Do you have any obsolete code running anywhere?
Do you have any failed rollouts or deployments that may have left you with different versions of the same container image running at the same time?
To find critical reliability risks, you have to be able to find answers to these questions.
The most common Kubernetes reliability risks
Working closely with customers, Gremlin found critical reliability risks in nearly every organization.
By cross-referencing the data with the definition of a critical reliability risk above, we arrived at a list of the most common Kubernetes critical reliability risks. To prevent these problems, you'll need a way to automatically detect each of these risks and determine whether you're still vulnerable to them. We'll explain more about how to do this in the next section.
Each of the risks below includes links to blog posts to help you learn more about finding and fixing them.
Resource risks
Running out of resources directly impacts system stability. If your nodes don't have enough CPU or RAM available, they may start slowing down, locking up, or terminating resource-intensive pods to make room.
Setting requests is the first step towards preventing this, because they specify the minimum resources needed to run a pod. Limits are somewhat the opposite and set an upper cap on how much RAM a pod can use, preventing a memory leak from taking all of a node's resources.

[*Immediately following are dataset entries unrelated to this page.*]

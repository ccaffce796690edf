// Lines and words.
ghost use Rattle.std.specs.Prelude.{◌≡◌, ◌≤◌, [], ◌∷◌, IfSome, OnSome, slice_index, drop, length, not, ◌==◌, true, false};
ghost use Rattle.std.specs.List.{position_or_len};
ghost use Rattle.text_base.specs.Words.{is_blank, texts, row_of, words_of};
ghost use Rattle.mps_words.specs.Sections.{is_data, is_left_out};

use text_base::Row;

/// The words after the first.
pub fn after_first<'a, 'b>(words: &'b [&'a [u8]]) -> &'b [&'a [u8]]
    ensures { texts result.now ≡ drop 1 (texts words.now) }
{
    match words {
        [_, rest @ ..] => rest,
        [] => words,
    }
}

/// Whether a line of this row is a comment, or has no words.
pub fn is_left_out(line: &[u8], row: &Row<'_>) -> bool
    requires { row.now ≡ row_of line.now }
    ensures { result ≡ is_left_out line.now }
{
    is_comment(line) || row.words().is_empty()
}

// Whether a line is a comment.
fn is_comment(line: &[u8]) -> bool
    ensures { result ≡ (slice_index line.now 0 == 42) }
{
    match line {
        [first, ..] => *first == b'*',
        [] => false,
    }
}

/// Whether a line begins with a blank.
pub fn is_data(line: &[u8]) -> bool
    ensures { result ≡ is_data line.now }
{
    match line {
        [first, ..] => *first == b' ' || *first == b'\t',
        [] => false,
    }
}

fn is_blank(byte: u8) -> bool
    ensures { result ≡ is_blank byte }
{
    byte == b' ' || byte == b'\t'
}

// How many blanks come first.
#[inline]
fn blanks_len(bytes: &[u8]) -> usize
    ensures within { result ≤ length bytes.now }
    ensures place { result ≡ position_or_len (λ b. not (is_blank b)) bytes.now }
{
    let mut rest = bytes;
    let mut passed = 0;
    'bytes: while let [first, more @ ..] = rest {
        if !is_blank(*first) {
            return passed;
        }
        rest = more;
        passed += 1;
    }
    passed
}

// How many bytes come before the first blank.
#[inline]
fn word_len(bytes: &[u8]) -> usize
    ensures within { result ≤ length bytes.now }
    ensures place { result ≡ position_or_len is_blank bytes.now }
{
    let mut rest = bytes;
    let mut passed = 0;
    'bytes: while let [first, more @ ..] = rest {
        if is_blank(*first) {
            return passed;
        }
        rest = more;
        passed += 1;
    }
    passed
}

// The first word of some bytes, and what follows it.
#[inline]
fn first_word(bytes: &[u8]) -> Option<(&[u8], &[u8])>
    ensures { IfSome result (λ p. words_of bytes.now ≡ p.0.now ∷ words_of p.1.now) }
{
    let rest = bytes.split_at(blanks_len(bytes)).1;
    if rest.is_empty() {
        return None;
    }
    Some(rest.split_at(word_len(rest)))
}

/// The words of a data line that has three and ends with the last of them, which most lines are.
pub fn three_words(line: &[u8]) -> Option<(&[u8], &[u8], &[u8])>
    ensures words { IfSome result (λ ws. row_of line.now
        ≡ ws.0.now ∷ ws.1.now ∷ ws.2.now ∷ []) }
    ensures data { OnSome result (is_data line.now ≡ true) }
    ensures some { OnSome result (is_left_out line.now ≡ false) }
{
    if !is_data(line) {
        return None;
    }
    let Some((first, rest)) = first_word(line) else {
        return None;
    };
    let Some((second, rest)) = first_word(rest) else {
        return None;
    };
    let Some((third, rest)) = first_word(rest) else {
        return None;
    };
    if !rest.is_empty() {
        return None;
    }
    Some((first, second, third))
}
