// Short names as numbers, so that a name is found without its hash or a look at other names' bytes.
ghost use Rattle.std.specs.Prelude.{◌≡◌, ◌≢◌, ◌-◌, ◌<◌, ◌≤◌, ◌^◌, ◌/◌, ◌++◌, ◌∷◌, [], None, All, OnOk, OnErr, IfOk, IfSome, fold, length, take, get_or, slice_get};
ghost use Rattle.mps_words.specs.InsideCodes.{IsShort, bytes_code, code_of, is_short, name_of, with_byte};

use crate::runs::Run;
use crate::short_codes::ShortCodes;
use std::alloc::{AllocError, Global};
use std::marker::Model;

/// A name of one to so many bytes is short where the first is not 0.
const SHORT: usize = 16;

/// Each byte is 1.
pub(crate) const ONES: u64 = 0x0101_0101_0101_0101;

// Every other byte, the last one too.
const EVEN_BYTES: u64 = 0x00ff_00ff_00ff_00ff;

/// What a name is found by.
#[derive(Clone, Copy)]
pub struct Key {
    pub code: u128,
    // the number at the end of a short name; any is right
    number: usize,
}

/// The codes of names, in the order of the names.
#[derive(Drop)]
pub struct Codes {
    // those before the first long name
    short: ShortCodes,
    // those from it on
    behind: Vec<u128>,
    // how far places lie above the numbers at the ends of names, modulo 2^64; any is right
    shift: usize,
    // some of them, which are found without a look at them
    run: Run,
}

impl Model for Codes {
    ghost use Rattle.std.specs.Prelude.{List, ℕ, ◌++◌};
    ghost use Rattle.mps_words.specs.InsideRuns.{AreKept};

    ghost Value = { List ℕ };

    ghost view = { λ c. c.short ++ c.behind.items };

    ghost invariant = { λ c.
        AreKept c.run c.behind.items (c.short ++ c.behind.items) };
}

/// The last eight bytes of a short name.
#[inline(always)]
pub(crate) fn end_of(code: u128) -> u64 {
    (code & 0xffff_ffff_ffff_ffff) as u64
}

// The number that the digits among these bytes at the end of a name spell; any is right.
#[inline(always)]
fn number_of(end: u64) -> usize {
    let others = (end >> 6 | !(end >> 4)) & ONES;
    let behind = (others & others.wrapping_neg()).wrapping_sub(1);
    let digits = end & behind & (15 * ONES);
    let pairs = (digits & EVEN_BYTES).wrapping_add((digits >> 8 & EVEN_BYTES).wrapping_mul(10));
    let fours = (pairs & 0xffff_0000_ffff).wrapping_add(
        (pairs >> 16 & 0xffff_0000_ffff).wrapping_mul(100),
    );
    (fours & 0xffff_ffff).wrapping_add((fours >> 32).wrapping_mul(10_000)) as usize
}

// Whether a name is short.
#[inline]
fn is_short(name: &[u8]) -> bool
    ensures { result ≡ is_short name.now }
{
    match name {
        [first, ..] => *first > 0 && name.len() <= SHORT,
        [] => false,
    }
}

// The key of a short name.
fn short_key(name: &[u8]) -> Key
    requires { length name.now ≤ 16 }
    ensures { result.code ≡ bytes_code name.now }
{
    let mut code = 0;
    'bytes: for byte in name {
        code = code * 256 + *byte as u128;
    }
    Key {
        code,
        number: number_of(end_of(code)),
    }
}

impl Key {
    /// The key of a name. The code is 0 where it is not short.
    #[tactic(auto, unfolding(crate::specs::InsideCodes::code_of))]
    pub(crate) fn of(name: &[u8]) -> Key
        ensures { result.code ≡ code_of name.now }
    {
        if !is_short(name) {
            return Key { code: 0, number: 0 };
        }
        short_key(name)
    }
}

/// The short name of a code.
pub(crate) fn name_of(alloc: Global, code: u128) -> Result<Vec<u8>, AllocError>
    ensures { IfOk result (λ n. n.items ≡ name_of code) }
{
    let mut bytes = [0; SHORT];
    let mut place = SHORT;
    let mut left = code;
    'bytes: while place > 0 && left > 0 {
        place -= 1;
        bytes[place] = (left % 256) as u8;
        left /= 256;
    }
    Vec::from_slice(alloc, bytes.split_at(place).1)
}

/// What follows a short name of this code, where a text begins with that.
pub(crate) fn after_code(text: &[u8], code: u128) -> Option<&[u8]>
    ensures { IfSome result (λ rest. text.now ≡ name_of code ++ rest.now) }
{
    if text.is_empty() || text[0] == 0 {
        return None;
    }
    let mut found = 0;
    let mut passed = 0;
    'bytes: while found < code && passed < SHORT && passed < text.len() {
        found = found * 256 + text[passed] as u128;
        passed += 1;
    }
    if found != code {
        return None;
    }
    Some(text.split_at(passed).1)
}

// The first eight bytes of a text, the first one highest.
#[inline(always)]
fn head_of(text: &[u8]) -> Option<u64>
    ensures value { IfSome result (λ h. h ≡ fold with_byte 0 (take 8 text.now)) }
    ensures long { IfSome result (λ h. 8 ≤ length text.now) }
{
    match text {
        [a, b, c, d, e, f, g, h, ..] => {
            let high = ((*a as u64 * 256 + *b as u64) * 256 + *c as u64) * 256 + *d as u64;
            let low = ((*e as u64 * 256 + *f as u64) * 256 + *g as u64) * 256 + *h as u64;
            Some((high << 32) + low)
        }
        _ => None,
    }
}

// How many of eight bytes come before the first that is this one; any number up to eight is right.
#[inline(always)]
fn size_before(head: u64, end: u8) -> usize
    ensures { result ≤ 8 }
{
    let others = head ^ (end as u64).wrapping_mul(ONES);
    let low = (others & (127 * ONES)).wrapping_add(127 * ONES);
    (!(others | low) & (128 * ONES)).leading_zeros() as usize / 8
}

// The key of the name of nine to sixteen bytes that a text with this head begins with, before this
// byte, and what follows that. None of some texts.
#[inline]
fn first_wide(text: &[u8], head: u64, end: u8) -> Option<(Key, &[u8])>
    requires value { head ≡ fold with_byte 0 (take 8 text.now) }
    requires first { 0 < head / 2 ^ 56 }
    ensures { IfSome result (λ p. IsShort text.now end p.0.code p.1.now) }
{
    if text.len() < 8 {
        return None;
    }
    let Some(tail) = head_of(text.split_at(8).1) else {
        return None;
    };
    let count = 8 + size_before(tail, end);
    if count >= text.len() || text[count] != end {
        return None;
    }
    let both = head as u128 * 0x1_0000_0000_0000_0000 + tail as u128;
    let code = both >> (128 - 8 * count);
    let number = number_of(end_of(code));
    Some((Key { code, number }, text.split_at(count + 1).1))
}

/// The key of the short name that a text begins with, before this byte, and what follows that.
/// None of some texts.
#[inline(always)]
pub(crate) fn first_short(text: &[u8], end: u8) -> Option<(Key, &[u8])>
    ensures { IfSome result (λ p. IsShort text.now end p.0.code p.1.now) }
{
    let Some(head) = head_of(text) else {
        return None;
    };
    let size = size_before(head, end);
    if size == 0 || head >> 56 == 0 {
        return None;
    }
    if size >= text.len() || text[size] != end {
        return first_wide(text, head, end);
    }
    let code = head >> (64 - 8 * size);
    let number = number_of(code);
    let key = Key {
        code: code as u128,
        number,
    };
    Some((key, text.split_at(size + 1).1))
}

/// What follows a short name of this code and a space, where a text begins with them. None of some
/// texts.
#[inline(always)]
pub(crate) fn after_code_word(text: &[u8], code: u128) -> Option<&[u8]>
    ensures { IfSome result (λ rest. IsShort text.now 32 code rest.now) }
{
    let Some((key, rest)) = first_short(text, b' ') else {
        return None;
    };
    if key.code != code {
        return None;
    }
    Some(rest)
}

impl Codes {
    /// No codes.
    pub(crate) fn new(alloc: Global) -> Codes
        ensures { result ≡ [] }
    {
        Codes {
            short: ShortCodes::new(alloc),
            behind: Vec::new(alloc),
            shift: 0,
            run: Run::none(),
        }
    }

    /// How many codes there are.
    #[inline]
    pub(crate) fn len(&self) -> usize
        ensures { result ≡ length self.now }
    {
        self.short.len() + self.behind.len()
    }

    // The code at a place.
    #[inline(always)]
    fn get(&self, place: usize) -> Option<u128>
        ensures { result ≡ slice_get self.now place }
    {
        match self.short.get(place) {
            Some(code) => Some(code),
            None => self.behind.get(place - self.short.len()).copied(),
        }
    }

    /// The code at a place, 0 where there is none.
    pub(crate) fn code_at(&self, place: usize) -> u128
        ensures { result ≡ get_or self.now place 0 }
    {
        self.get(place).unwrap_or(0)
    }

    /// The last code.
    #[inline]
    pub(crate) fn last(&self) -> Option<u128>
        ensures { result ≡ slice_get self.now (length self.now - 1) }
    {
        self.get(self.len().saturating_sub(1))
    }

    // The place of a code, where the number at the end of the name leads to it.
    #[inline(always)]
    fn at_number(&self, key: Key) -> Option<usize>
        ensures within { IfSome result (λ p. p < length self.now) }
        ensures code { IfSome result (λ p. get_or self.now p 0 ≡ key.code) }
    {
        let place = key.number.wrapping_add(self.shift);
        let code = self.get(place)?;
        if code != key.code {
            return None;
        }
        Some(place)
    }

    /// The place of a short name's code, where the number at the end of the name leads to it.
    #[inline(always)]
    pub(crate) fn guess(&self, key: Key) -> Option<usize>
        ensures within { IfSome result (λ p. p < length self.now) }
        ensures code { IfSome result (λ p. get_or self.now p 0 ≡ key.code) }
        ensures short { IfSome result (λ p. 0 < key.code) }
    {
        if key.code == 0 {
            return None;
        }
        // the codes are few enough for the places of the run
        let _len = self.len();
        match self.run.find(key.code, key.number) {
            Some(place) => Some(place),
            None => self.at_number(key),
        }
    }

    /// The place of a code, where each is that of a short name.
    pub(crate) fn look_up(&self, code: u128) -> Option<usize>
        requires { All (λ c. 0 < c) self.now }
        ensures within { IfSome result (λ p. p < length self.now) }
        ensures found { IfSome result (λ p. get_or self.now p 0 ≡ code) }
        ensures absent { result ≡ None → All (λ c. c ≢ code) self.now }
    {
        self.short.find(code)
    }

    // Puts a code behind the others. Want of memory changes no code.
    fn push(&mut self, code: u128) -> Result<(), AllocError>
        requires { 0 < code → All (λ c. c ≢ code) self.old }
        ensures more { OnOk result (self.new ≡ self.old ++ code ∷ []) }
        ensures same { OnErr result (self.new ≡ self.old) }
    {
        if code > 0 && self.behind.is_empty() {
            self.short.insert(code)?;
            return Ok(());
        }
        self.behind.push(code)?;
        Ok(())
    }

    /// Adds the code of a new name. Want of memory changes no code.
    pub(crate) fn add(&mut self, key: Key) -> Result<(), AllocError>
        requires { 0 < key.code → All (λ c. c ≢ key.code) self.old }
        ensures more { OnOk result (self.new ≡ self.old ++ key.code ∷ []) }
        ensures same { OnErr result (self.new ≡ self.old) }
    {
        let place = self.len();
        let run = self.run.with_name(key.code, key.number, place);
        self.push(key.code)?;
        self.run = run;
        if key.number > 0 {
            self.shift = place.wrapping_sub(key.number);
        }
        Ok(())
    }
}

- Missing CPU requests: Is enough CPU reserved for your pod?
- Missing memory requests: Does your pod have the minimum amount of RAM it needs?
- Memory limits: Have you set the maximum amount of RAM your pod can use?
Redundancy risks
Unfortunately, containers often crash, terminate, or restart with little warning. Even before that point, they can have less visible problems like memory leaks, network latency, and disconnections. Liveness probes allow you to detect these problems, then terminate and restart the pod.
On the node level, you should set up Kubernetes in multiple availability zones (AZs) for high availability. When these risks are remediated, your system will be able to detect pod failures and failover nodes if there's an AZ failure.
- Missing liveness probes: Do you have liveness probes deployed to restart your pods in case they fail?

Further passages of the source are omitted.